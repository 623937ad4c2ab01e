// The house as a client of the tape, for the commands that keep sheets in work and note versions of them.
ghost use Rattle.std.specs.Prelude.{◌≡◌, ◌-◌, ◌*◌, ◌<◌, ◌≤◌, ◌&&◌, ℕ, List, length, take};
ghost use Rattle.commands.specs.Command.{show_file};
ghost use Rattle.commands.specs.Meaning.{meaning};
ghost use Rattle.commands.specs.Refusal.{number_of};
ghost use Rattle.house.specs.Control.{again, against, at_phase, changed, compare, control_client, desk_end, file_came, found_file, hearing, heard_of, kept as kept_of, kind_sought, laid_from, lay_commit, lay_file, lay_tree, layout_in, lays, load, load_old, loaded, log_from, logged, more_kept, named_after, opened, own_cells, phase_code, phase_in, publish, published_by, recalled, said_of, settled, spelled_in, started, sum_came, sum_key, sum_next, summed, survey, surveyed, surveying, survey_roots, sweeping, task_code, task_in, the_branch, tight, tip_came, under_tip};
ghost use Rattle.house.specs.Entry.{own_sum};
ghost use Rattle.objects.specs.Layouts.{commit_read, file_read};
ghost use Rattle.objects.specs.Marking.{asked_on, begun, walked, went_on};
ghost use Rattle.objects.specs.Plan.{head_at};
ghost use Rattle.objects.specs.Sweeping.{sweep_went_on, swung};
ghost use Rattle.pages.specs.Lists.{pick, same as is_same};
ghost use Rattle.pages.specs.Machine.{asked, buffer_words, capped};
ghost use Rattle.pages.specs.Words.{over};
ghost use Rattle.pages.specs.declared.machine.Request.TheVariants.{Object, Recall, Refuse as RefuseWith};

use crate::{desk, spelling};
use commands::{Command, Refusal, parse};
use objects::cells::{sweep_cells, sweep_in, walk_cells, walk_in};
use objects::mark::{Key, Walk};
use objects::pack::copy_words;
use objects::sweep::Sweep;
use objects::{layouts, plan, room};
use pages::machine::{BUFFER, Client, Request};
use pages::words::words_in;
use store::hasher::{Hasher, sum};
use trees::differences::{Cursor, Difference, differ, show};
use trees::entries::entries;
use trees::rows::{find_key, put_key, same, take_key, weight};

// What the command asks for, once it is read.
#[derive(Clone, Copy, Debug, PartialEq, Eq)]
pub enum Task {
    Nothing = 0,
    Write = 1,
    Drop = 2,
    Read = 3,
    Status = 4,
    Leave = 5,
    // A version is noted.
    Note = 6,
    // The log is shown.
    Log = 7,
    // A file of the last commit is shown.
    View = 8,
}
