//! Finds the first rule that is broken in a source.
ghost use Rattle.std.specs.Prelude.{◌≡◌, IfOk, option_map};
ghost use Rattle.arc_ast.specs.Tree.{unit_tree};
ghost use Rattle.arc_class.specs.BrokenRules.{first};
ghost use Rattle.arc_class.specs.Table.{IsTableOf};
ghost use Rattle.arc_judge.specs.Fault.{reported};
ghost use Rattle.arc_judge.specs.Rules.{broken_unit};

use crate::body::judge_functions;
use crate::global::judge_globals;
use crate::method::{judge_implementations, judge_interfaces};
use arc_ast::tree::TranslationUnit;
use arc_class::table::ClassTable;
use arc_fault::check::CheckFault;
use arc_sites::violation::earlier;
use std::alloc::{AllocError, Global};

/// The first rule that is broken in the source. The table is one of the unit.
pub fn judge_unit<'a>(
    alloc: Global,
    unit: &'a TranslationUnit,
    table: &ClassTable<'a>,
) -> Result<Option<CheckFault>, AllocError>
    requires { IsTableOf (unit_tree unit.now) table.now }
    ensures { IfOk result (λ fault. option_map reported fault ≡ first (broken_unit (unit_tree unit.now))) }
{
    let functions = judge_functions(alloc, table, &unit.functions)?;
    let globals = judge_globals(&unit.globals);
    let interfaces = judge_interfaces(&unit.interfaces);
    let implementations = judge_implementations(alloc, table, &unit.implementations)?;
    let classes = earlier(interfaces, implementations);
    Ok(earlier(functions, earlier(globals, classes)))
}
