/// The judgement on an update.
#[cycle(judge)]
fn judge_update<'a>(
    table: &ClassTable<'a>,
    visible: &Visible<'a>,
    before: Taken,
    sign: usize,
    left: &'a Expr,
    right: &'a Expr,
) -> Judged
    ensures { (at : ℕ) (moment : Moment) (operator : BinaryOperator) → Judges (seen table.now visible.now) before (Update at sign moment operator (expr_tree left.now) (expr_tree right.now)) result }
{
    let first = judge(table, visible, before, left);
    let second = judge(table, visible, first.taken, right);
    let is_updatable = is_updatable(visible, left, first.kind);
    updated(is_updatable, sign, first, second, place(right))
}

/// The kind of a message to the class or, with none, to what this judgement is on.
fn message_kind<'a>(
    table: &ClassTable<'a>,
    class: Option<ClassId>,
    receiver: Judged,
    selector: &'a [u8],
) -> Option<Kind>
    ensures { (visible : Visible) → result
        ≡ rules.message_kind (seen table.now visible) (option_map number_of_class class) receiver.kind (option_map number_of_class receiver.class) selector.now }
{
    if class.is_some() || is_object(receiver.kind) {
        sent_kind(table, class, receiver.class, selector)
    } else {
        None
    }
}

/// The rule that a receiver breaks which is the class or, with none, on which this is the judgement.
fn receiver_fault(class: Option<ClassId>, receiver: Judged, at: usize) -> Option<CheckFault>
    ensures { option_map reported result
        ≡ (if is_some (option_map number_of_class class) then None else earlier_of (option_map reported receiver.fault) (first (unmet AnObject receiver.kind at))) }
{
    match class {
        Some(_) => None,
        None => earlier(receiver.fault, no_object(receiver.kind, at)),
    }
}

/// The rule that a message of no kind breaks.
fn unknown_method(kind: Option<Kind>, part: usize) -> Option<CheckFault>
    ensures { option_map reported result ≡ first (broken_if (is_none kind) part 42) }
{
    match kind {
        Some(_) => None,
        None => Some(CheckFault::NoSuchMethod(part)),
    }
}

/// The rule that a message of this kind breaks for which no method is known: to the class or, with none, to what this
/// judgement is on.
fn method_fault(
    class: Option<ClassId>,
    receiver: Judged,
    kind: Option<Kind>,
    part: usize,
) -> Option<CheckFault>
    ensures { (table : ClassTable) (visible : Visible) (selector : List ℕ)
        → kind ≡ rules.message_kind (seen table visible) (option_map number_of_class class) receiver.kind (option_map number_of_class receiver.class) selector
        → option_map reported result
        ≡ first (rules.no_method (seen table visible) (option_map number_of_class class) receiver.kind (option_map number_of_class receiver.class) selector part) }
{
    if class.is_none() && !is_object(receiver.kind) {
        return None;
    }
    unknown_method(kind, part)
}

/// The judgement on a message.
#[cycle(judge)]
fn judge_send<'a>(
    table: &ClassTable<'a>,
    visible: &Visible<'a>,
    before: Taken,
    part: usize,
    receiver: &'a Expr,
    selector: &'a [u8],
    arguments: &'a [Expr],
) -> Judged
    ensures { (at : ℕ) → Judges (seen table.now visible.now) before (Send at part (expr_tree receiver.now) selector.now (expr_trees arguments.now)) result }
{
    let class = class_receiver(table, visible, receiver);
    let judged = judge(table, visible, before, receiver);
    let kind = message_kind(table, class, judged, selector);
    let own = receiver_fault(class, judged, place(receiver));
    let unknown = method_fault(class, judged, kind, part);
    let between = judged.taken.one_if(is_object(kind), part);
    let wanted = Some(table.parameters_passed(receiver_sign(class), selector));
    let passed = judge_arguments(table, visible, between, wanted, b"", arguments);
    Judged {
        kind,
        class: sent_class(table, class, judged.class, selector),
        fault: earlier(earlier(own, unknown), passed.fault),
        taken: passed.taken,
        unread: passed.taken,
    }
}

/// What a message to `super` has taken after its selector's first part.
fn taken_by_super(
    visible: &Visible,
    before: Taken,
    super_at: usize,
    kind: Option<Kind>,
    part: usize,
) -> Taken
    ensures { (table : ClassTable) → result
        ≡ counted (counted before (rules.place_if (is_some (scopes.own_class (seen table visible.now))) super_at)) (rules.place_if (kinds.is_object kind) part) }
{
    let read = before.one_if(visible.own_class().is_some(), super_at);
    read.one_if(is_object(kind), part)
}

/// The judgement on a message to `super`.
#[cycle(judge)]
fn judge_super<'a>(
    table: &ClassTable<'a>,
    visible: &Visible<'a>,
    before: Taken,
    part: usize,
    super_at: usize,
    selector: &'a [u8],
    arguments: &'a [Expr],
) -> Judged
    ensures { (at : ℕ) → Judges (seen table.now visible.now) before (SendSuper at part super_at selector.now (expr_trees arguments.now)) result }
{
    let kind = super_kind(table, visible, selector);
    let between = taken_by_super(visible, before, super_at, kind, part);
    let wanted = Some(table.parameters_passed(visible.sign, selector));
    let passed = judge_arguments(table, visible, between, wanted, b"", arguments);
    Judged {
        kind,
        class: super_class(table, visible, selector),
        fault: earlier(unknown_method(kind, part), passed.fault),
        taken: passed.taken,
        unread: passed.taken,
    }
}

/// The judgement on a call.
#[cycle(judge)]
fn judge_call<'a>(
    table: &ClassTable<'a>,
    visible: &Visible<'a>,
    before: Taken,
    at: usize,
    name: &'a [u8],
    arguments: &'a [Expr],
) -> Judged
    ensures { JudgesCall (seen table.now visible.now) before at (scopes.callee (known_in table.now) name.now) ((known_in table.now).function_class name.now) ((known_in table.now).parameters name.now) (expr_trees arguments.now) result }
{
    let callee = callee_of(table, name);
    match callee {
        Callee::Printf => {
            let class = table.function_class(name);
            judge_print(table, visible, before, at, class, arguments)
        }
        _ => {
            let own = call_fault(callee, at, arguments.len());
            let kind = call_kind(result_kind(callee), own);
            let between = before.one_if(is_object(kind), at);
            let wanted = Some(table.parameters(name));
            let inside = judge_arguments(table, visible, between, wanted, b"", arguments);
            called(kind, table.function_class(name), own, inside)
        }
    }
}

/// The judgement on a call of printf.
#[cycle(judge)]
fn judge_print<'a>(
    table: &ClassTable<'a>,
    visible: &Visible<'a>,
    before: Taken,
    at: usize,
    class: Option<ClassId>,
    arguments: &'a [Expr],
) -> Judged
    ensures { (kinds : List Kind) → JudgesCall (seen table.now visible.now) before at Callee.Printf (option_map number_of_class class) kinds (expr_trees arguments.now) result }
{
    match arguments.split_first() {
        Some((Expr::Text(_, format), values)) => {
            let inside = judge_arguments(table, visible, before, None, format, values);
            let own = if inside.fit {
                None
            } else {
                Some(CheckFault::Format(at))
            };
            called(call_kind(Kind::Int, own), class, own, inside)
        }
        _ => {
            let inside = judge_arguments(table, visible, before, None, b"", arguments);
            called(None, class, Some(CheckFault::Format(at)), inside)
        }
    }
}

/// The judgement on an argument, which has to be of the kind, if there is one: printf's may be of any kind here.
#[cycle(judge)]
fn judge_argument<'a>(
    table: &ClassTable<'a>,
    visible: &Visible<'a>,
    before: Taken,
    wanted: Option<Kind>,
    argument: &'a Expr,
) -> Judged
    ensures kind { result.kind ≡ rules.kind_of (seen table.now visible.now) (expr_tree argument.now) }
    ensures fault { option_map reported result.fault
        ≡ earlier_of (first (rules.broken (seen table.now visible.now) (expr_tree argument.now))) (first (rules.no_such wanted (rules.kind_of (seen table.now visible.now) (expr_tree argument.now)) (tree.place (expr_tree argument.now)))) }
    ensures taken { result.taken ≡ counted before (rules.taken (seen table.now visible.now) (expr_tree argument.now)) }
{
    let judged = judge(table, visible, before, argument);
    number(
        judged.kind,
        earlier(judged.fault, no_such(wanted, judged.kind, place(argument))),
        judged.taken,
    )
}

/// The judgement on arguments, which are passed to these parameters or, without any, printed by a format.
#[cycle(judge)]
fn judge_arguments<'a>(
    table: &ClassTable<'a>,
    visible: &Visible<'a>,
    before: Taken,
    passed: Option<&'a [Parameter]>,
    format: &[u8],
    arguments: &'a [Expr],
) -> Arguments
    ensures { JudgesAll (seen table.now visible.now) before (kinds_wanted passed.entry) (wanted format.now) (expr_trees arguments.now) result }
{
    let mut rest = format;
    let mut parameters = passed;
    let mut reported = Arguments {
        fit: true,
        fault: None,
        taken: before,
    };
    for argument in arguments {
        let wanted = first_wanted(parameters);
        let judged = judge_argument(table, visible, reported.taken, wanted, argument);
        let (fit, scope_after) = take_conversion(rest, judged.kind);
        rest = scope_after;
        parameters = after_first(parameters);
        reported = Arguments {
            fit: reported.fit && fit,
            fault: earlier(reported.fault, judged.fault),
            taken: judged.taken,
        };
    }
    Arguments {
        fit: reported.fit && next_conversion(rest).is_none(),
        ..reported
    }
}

---

* Work item *
Only the count, nothing else: how many lines of the records hold the word "same"?

* Output below *
2